A galvanic cell is composed of a standard Zn electrode and a Chromium electrode immersed in a solution containing Cr3+ . At what concentration of Cr3+ will the emf of the cell be zero?

To determine the concentration of Cr³⁺ at which the electromotive force (emf) of a galvanic cell composed of a zinc electrode and a chromium electrode is zero, we can apply the Nernst equation. This equation relates the concentration of ions in solution to the cell potential, allowing us to find the specific conditions under which the cell's emf becomes zero.

Understanding the Components of the Cell

In this galvanic cell, we have two half-reactions occurring at the electrodes:

• Anode (oxidation): Zn(s) → Zn²⁺(aq) + 2e^-
• Cathode (reduction): Cr³⁺(aq) + 3e^- → Cr(s)
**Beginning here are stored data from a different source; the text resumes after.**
//! The files that were there at first: `content_of` of `specs/Register.antt`.

ghost use Rattle.std.specs.Prelude.{true, false, ◌≡◌, ◌≤◌, ◌↔◌, IsTrue, length, nat_lt};
ghost use Rattle.std.specs.List.{AllWithin};
ghost use Rattle.std.specs.List.Sorted.{IsNonDecreasingBy};
ghost use Rattle.std.specs.Option.{option_copied};
ghost use Rattle.register_model.specs.Register.{content_of};

use crate::op::Opening;

/// The content of a file among those of the start, in whatever order they stand.
pub fn content_of(opening: &[Opening], file: u64) -> Option<&[u8]>
    ensures { option_copied result ≡ content_of opening.now file }
{
    for found in opening {
        if found.file == file {
            return Some(found.content.as_slice());
        }
    }
    None
}

/// Whether the files stand in the order of their ids.
pub fn is_by_file(opening: &[Opening]) -> bool
    ensures { IsTrue result ↔ IsNonDecreasingBy (λ f. f.file) opening.now }
{
    for i in 1..opening.len() {
        if opening[i].file < opening[i - 1].file {
            return false;
        }
    }
    true
}

/// The first file that has no lower id, where they stand in the order of their ids.
fn first_file_from(opening: &[Opening], file: u64) -> usize
    requires { IsNonDecreasingBy (λ f. f.file) opening.now }
    ensures bound { result ≤ length opening.now }
    ensures below { AllWithin (λ f. nat_lt f.file file ≡ true) opening.now 0 result }
    ensures from { AllWithin (λ f. nat_lt f.file file ≡ false) opening.now result (length opening.now) }
{
    opening.partition_point(|found| found.file < file)
}

/// The content of a file, where they stand in the order of their ids.
pub fn content_in_order(opening: &[Opening], file: u64) -> Option<&[u8]>
    requires { IsNonDecreasingBy (λ f. f.file) opening.now }
    ensures { option_copied result ≡ content_of opening.now file }
{
    let first = first_file_from(opening, file);
    let found = opening.get(first)?;
    if found.file == file {
        Some(found.content.as_slice())
    } else {
        None
    }
}
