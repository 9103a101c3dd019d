//! Changes of files by sessions that are no client's. `specs/Raw.antt` says which operation each is.

ghost use Rattle.std.specs.Prelude.{◌≡◌, IfOk};
ghost use Rattle.register_model.specs.Raw.{word_of, outcome_of, op_of};

use crate::op::{Op, Outcome, Traffic, Word};
use lb_base::items::Bytes;
use shared_bytes::SharedBytes;
use std::alloc::{AllocError, Global};

/// What was done to the file.
#[derive(Clone, Copy)]
pub enum RawKind {
    /// It got a content.
    Commit,
    /// It was made, with no bytes.
    Make,
    /// It was removed, or another took its name.
    Remove,
}

/// A change of a file by a session that is no client's, as the server's journal has it.
pub struct Raw {
    /// The session's number, from 1.
    pub session: u32,
    /// What was done.
    pub kind: RawKind,
    /// The file's id.
    pub file: u64,
    /// The step in which the server took the message that asked for it.
    pub begin: u64,
    /// The step in which it was made.
    pub point: u64,
    /// The version that the file has since then, or had as its last.
    pub version: u64,
    /// The length of its content, 0 where it is gone.
    pub len: u64,
    /// The digest of its content, or of no bytes.
    pub sha1: Bytes,
    /// Its content; no byte where it is gone.
    pub value: SharedBytes,
}

// Written by hand, it is proved here alone; derived, each crate above would prove how each part is
// dropped.
impl Drop for Raw {
    fn drop(self) {
        let Raw {
            session: _,
            kind: _,
            file: _,
            begin: _,
            point: _,
            version: _,
            len: _,
            sha1,
            value,
        } = self;
        drop(sha1);
        drop(value);
    }
}

impl RawKind {
    /// The word of a client's operation that does the same.
    fn word(self) -> Word
        ensures { result ≡ word_of self }
    {
        match self {
            RawKind::Commit => Word::Close,
            RawKind::Make => Word::Make,
            RawKind::Remove => Word::Remove,
        }
    }
}

impl Raw {
    /// How it ended, as an operation. The one error is running out of memory.
    fn outcome(&self, alloc: Global) -> Result<Outcome, AllocError>
        ensures { IfOk result (λ o. o ≡ outcome_of self.now.kind self.now.version self.now.len self.now.sha1) }
    {
        match self.kind {
            RawKind::Commit => Ok(Outcome::Closed {
                version: self.version,
                len: self.len,
                sha1: self.sha1.try_clone(alloc)?,
            }),
            RawKind::Make | RawKind::Remove => Ok(Outcome::Done),
        }
    }

    /// The operation that it is. The one error is running out of memory.
    pub fn op(&self, alloc: Global) -> Result<Op, AllocError>
        ensures { IfOk result (λ o. o ≡ op_of self.now) }
    {
        let outcome = self.outcome(alloc)?;
        let value = self.value.share()?;
        Ok(Op {
            client: 0,
            word: self.kind.word(),
            file: self.file,
            begin: self.begin,
            end: Some(self.point),
            point: Some(self.point),
            outcome,
            value,
            traffic: Traffic {
                cond: 0,
                tmp: 0,
                read: 0,
                data: 0,
            },
        })
    }
}
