//! The history of a run: `History` of `specs/Register.antt`.

ghost use Rattle.std.specs.Prelude.{◌≡◌};
ghost use Rattle.std.specs.Option.{option_copied};
ghost use Rattle.register_model.specs.Register.{of_clients};

use crate::op::{Op, Opening};
use crate::raw::Raw;
use lb_base::items::Items;
use std::marker::Model;

/// What was done in a run: the version of LBFS that its clients speak, the files that were there at
/// first, the operations of clients in the order of their begins, behind them the changes of others,
/// and the number of steps.
pub struct History {
    lbfs: u32,
    opening: Items<Opening>,
    ops: Items<Op>,
    raws: Option<Items<Raw>>,
    steps: u64,
}

// Written by hand, it is proved here alone; derived, each crate above would prove how each part is let
// go.
impl Drop for History {
    fn drop(self) {
        let History {
            lbfs: _,
            opening,
            ops,
            raws,
            steps: _,
        } = self;
        drop(opening);
        drop(ops);
        drop(raws);
    }
}

impl Model for History {
    ghost use Rattle.register_model.specs.Register as register;

    ghost Value = { register.History };

    ghost view = { λ h. record { lbfs = h.lbfs; opening = h.opening; ops = h.ops; raws = h.raws; steps = h.steps } };
}

impl History {
    /// The history of these operations, by clients that speak this version of LBFS, and of these
    /// changes that sessions made which are no client's, if there is such a session.
    pub fn new(
        lbfs: u32,
        opening: Items<Opening>,
        ops: Items<Op>,
        raws: Option<Items<Raw>>,
        steps: u64,
    ) -> History
        ensures { result ≡ record { lbfs = lbfs; opening = opening; ops = ops; raws = raws; steps = steps } }
    {
        History {
            lbfs,
            opening,
            ops,
            raws,
            steps,
        }
    }

    /// The version of LBFS that the clients speak.
    pub fn lbfs(&self) -> u32
        ensures { result ≡ self.now.lbfs }
    {
        self.lbfs
    }

    /// The files that were there before the first step.
    pub fn opening(&self) -> &[Opening]
        ensures { result.now ≡ self.now.opening }
    {
        self.opening.as_slice()
    }

    /// The operations: those of clients, in the order of their begins, and then the changes of others.
    pub fn ops(&self) -> &[Op]
        ensures { result.now ≡ self.now.ops }
    {
        self.ops.as_slice()
    }

    /// The operations that clients were told to do.
    pub fn of_clients(&self) -> &[Op]
        ensures { result.now ≡ of_clients self.now }
    {
        let ops = self.ops.as_slice();
        match &self.raws {
            Some(raws) => ops.split_at(ops.len().saturating_sub(raws.len())).0,
            None => ops,
        }
    }

    /// The changes that sessions made which are no client's, in order, if there is such a session.
    pub fn raws(&self) -> Option<&[Raw]>
        ensures { option_copied result ≡ self.now.raws }
    {
        match &self.raws {
            Some(raws) => Some(raws.as_slice()),
            None => None,
        }
    }

    /// The number of steps.
    pub fn steps(&self) -> u64
        ensures { result ≡ self.now.steps }
    {
        self.steps
    }
}
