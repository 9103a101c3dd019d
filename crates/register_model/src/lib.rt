//! The model that a replayed run is held against: files as registers of whole contents, the
//! operations on them as a history, when a history is legal, and its text. The promise of a replay is
//! stated in the definitions of `specs/Register.antt`; what a replay calls is `History` and `text`.
//! The test of legality, by an index that is made for it, is for those who look at histories.
#![tactic(auto)]

pub mod history;
mod index;
pub mod indexed;
pub mod legal;
pub mod op;
mod openings;
pub mod raw;
pub mod summary;
pub mod text;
Standard Electrode Potentials

The standard electrode potentials (E^°) for these reactions are crucial for our calculations:

• For zinc: E^°(Zn²⁺/Zn) = -0.76 V
• For chromium: E^°(Cr³⁺/Cr) = -0.74 V

Applying the Nernst Equation

The Nernst equation is given by:

E = E^° - (RT/nF) * ln(Q)

Where:

• E = cell potential
• E^° = standard cell potential
• R = universal gas constant (8.314 J/(mol·K))
• T = temperature in Kelvin
• n = number of moles of electrons transferred in the reaction
• F = Faraday's constant (96485 C/mol)
• Q = reaction quotient

Calculating the Standard Cell Potential

First, we need to calculate the standard cell potential (E^°) for the galvanic cell:

E^° = E^°(cathode) - E^°(anode) = (-0.74 V) - (-0.76 V) = 0.02 V

Setting the Cell Potential to Zero

To find the concentration of Cr³⁺ that makes the emf zero, we set E = 0 in the Nernst equation:

0 = 0.02 V - (RT/nF) * ln(Q)

Rearranging gives:

ln(Q) = (nF/RT) * 0.02 V

Determining the Reaction Quotient (Q)

The reaction quotient Q for the cell can be expressed as:

Q = [Zn²⁺] / [Cr³⁺]

Assuming a standard concentration of Zn²⁺ is 1 M, we have:

Q = 1 / [Cr³⁺]

Substituting Values into the Equation

Now, substituting Q into our equation:

ln(1 / [Cr³⁺]) = (nF/RT) * 0.02 V

For this reaction, n = 3 (since 3 electrons are transferred in the reduction of Cr³⁺). Plugging in the values:

ln([Cr³⁺]) = - (nF/RT) * 0.02 V

Final Calculation

Using R = 8.314 J/(mol·K), T = 298 K (approximately room temperature), and F = 96485 C/mol:

ln([Cr³⁺]) = - (3 * 96485 C/mol / (8.314 J/(mol·K) * 298 K)) * 0.02 V

Calculating the right side gives us:

ln([Cr³⁺]) ≈ -0.24

Exponentiating both sides to solve for [Cr³⁺]:

[Cr³⁺] ≈ e^-0.24 ≈ 0.79 M

Thus, the concentration of Cr³⁺ at which the emf of the cell is zero is approximately 0.79 M. This means that when the concentration of chromium ions in the solution reaches this level, the driving force for the cell reaction is balanced, resulting in no net voltage output.